*** Opening DATA RECORDS ***
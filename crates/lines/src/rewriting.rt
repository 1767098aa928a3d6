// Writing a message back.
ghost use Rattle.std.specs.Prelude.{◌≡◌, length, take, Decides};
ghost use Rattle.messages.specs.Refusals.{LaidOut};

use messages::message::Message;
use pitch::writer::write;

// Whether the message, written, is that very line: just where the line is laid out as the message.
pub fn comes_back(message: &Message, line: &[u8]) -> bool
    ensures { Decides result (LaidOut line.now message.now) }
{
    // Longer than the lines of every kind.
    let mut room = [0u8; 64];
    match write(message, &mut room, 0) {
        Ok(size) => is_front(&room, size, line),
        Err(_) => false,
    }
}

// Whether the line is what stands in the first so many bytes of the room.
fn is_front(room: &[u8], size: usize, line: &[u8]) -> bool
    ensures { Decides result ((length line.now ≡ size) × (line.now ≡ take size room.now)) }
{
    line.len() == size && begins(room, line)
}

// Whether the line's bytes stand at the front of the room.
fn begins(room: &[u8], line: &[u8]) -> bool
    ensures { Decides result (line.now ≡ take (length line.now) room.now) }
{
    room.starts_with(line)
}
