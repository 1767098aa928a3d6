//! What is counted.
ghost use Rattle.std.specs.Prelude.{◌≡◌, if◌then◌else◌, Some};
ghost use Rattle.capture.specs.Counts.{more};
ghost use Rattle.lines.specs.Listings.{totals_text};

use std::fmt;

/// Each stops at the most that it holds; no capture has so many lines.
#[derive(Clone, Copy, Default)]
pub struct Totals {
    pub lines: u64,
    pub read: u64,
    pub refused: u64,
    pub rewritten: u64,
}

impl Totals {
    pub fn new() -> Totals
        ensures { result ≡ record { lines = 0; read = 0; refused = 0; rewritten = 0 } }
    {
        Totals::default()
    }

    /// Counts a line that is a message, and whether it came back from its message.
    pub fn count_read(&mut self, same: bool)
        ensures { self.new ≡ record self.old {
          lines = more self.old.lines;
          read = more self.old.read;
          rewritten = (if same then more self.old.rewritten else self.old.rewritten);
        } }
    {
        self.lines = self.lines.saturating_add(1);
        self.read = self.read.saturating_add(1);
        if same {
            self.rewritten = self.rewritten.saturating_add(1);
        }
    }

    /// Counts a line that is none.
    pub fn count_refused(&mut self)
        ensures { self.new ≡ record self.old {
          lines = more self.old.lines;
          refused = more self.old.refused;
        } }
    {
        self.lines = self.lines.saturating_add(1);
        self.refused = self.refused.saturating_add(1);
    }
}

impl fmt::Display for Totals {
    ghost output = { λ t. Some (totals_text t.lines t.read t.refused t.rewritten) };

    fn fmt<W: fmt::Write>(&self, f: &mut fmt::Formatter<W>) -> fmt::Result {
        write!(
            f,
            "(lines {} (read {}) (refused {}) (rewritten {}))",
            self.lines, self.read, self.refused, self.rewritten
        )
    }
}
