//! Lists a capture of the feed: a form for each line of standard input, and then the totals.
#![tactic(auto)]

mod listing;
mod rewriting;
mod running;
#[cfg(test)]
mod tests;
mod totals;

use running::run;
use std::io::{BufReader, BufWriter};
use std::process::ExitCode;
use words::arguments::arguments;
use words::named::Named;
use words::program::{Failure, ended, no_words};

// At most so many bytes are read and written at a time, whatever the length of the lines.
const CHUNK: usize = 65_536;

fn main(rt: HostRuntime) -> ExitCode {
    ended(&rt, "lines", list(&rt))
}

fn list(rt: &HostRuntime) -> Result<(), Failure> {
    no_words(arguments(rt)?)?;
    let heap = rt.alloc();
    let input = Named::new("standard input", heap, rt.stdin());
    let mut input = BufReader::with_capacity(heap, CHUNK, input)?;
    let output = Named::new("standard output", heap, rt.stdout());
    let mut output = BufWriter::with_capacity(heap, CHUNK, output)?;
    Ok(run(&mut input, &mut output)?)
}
*** Closing DATA RECORDS ***
REQUIRED WORK: Among the records above, a stretch begins at the line containing "Decides result (LaidOut" and ends at the line containing "fn is_front(room: &[u8], size: usize, line: &[u8])". Restate that stretch word for word, and nothing else.

TASK RESULT:
    ensures { Decides result (LaidOut line.now message.now) }
{
    // Longer than the lines of every kind.
    let mut room = [0u8; 64];
    match write(message, &mut room, 0) {
        Ok(size) => is_front(&room, size, line),
        Err(_) => false,
    }
}

// Whether the line is what stands in the first so many bytes of the room.
fn is_front(room: &[u8], size: usize, line: &[u8]) -> bool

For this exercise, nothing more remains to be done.